PHast -- Perfect Hashing made fast
Piotr Beling, Peter Sanders
TL;DR
PHast tackles the challenge of ultra-fast queries for perfect hash functions while keeping space near the information-theoretic minimum. It introduces a bucket-placement framework with fixed-width per-bucket seeds and a bumping mechanism, plus a PHast+ variant that uses additive placement for bit-parallel seed searching, yielding sub-2 bits per key and strong practical performance. Through extensive benchmarks, PHast and PHast+ demonstrate fast query evaluation and favorable space/construction-time trade-offs against state-of-the-art MPHFs, aided by cache-friendly layout and parallel construction. The work also outlines external-memory extensions and avenues for GPU acceleration and k-perfect hashing, making PHast a practical, scalable solution for large static datasets.
Abstract
Perfect hash functions give unique "names" to arbitrary keys requiring only a few bits per key. This is an essential building block in applications like static hash tables, databases, or bioinformatics. This paper introduces the PHast approach that combines the fastest available queries, very fast construction, and good space consumption (below 2 bits per key).

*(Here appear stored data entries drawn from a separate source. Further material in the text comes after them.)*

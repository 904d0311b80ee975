// A list of times as a word.
ghost use Rattle.std.specs.Prelude.{◌≡◌, ℕ, ◌≤◌, ◌^◌, List, decimal, IfSome, Some, IsSomeAnd, IsTrue, ◌↔◌};
ghost use Rattle.command_line.specs.TimeLists.{AreTimes, times_word};

use crate::values::number;
use arrayvec::ArrayVec;

/// The greatest time, in microseconds.
const GREATEST_TIME: u32 = 1_000_000_000;

/// A time in its one spelling.
fn time_in(text: &str) -> Option<u32>
    ensures some { IfSome result (λ time. (time ≤ 10 ^ 9) × (text.now ≡ decimal time)) }
    ensures read { (time : ℕ) → time ≤ 10 ^ 9 → text.now ≡ decimal time → result ≡ Some time }
{
    let time = number(text, 0, GREATEST_TIME)?;
    let mut digits = itoa::Buffer::new();
    if digits.format(time) != text {
        return None;
    }
    Some(time)
}

/// The list of times that the word is, if it is one.
pub(crate) fn times_in(word: &str) -> Option<ArrayVec<u32, 16>>
    ensures some { IfSome result (λ times. AreTimes times.items × (word.now ≡ times_word times.items)) }
    ensures read { (times : List ℕ) → AreTimes times → word.now ≡ times_word times
        → IsSomeAnd result (λ read. read.items ≡ times) }
{
    let mut times = ArrayVec::new();
    let mut rest = word;
    'commas: while let Some((first, more)) = rest.split_once(',') {
        times.try_push(time_in(first)?).ok()?;
        rest = more;
    }
    times.try_push(time_in(rest)?).ok()?;
    Some(times)
}

/// Is the word this list of times?
pub(crate) fn are_times(word: &str, times: &[u32]) -> bool
    requires { AreTimes times.now }
    ensures { IsTrue result ↔ (word.now ≡ times_word times.now) }
{
    match times_in(word) {
        Some(read) => read.as_slice() == times,
        None => false,
    }
}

PHast improves bucket-placement which first hashes each key k to a bucket, and then looks for the bucket seed s such that a placement function maps pairs (s,k) in a collision-free way. PHast can use small-range hash functions with linear mapping, fixed-width encoding of seeds, and parallel construction. This is achieved using small overlapping slices of allowed values and bumping to handle unsuccessful seed assignment. A variant we called PHast+ uses additive placement, which enables bit-parallel seed searching, speeding up the construction by an order of magnitude.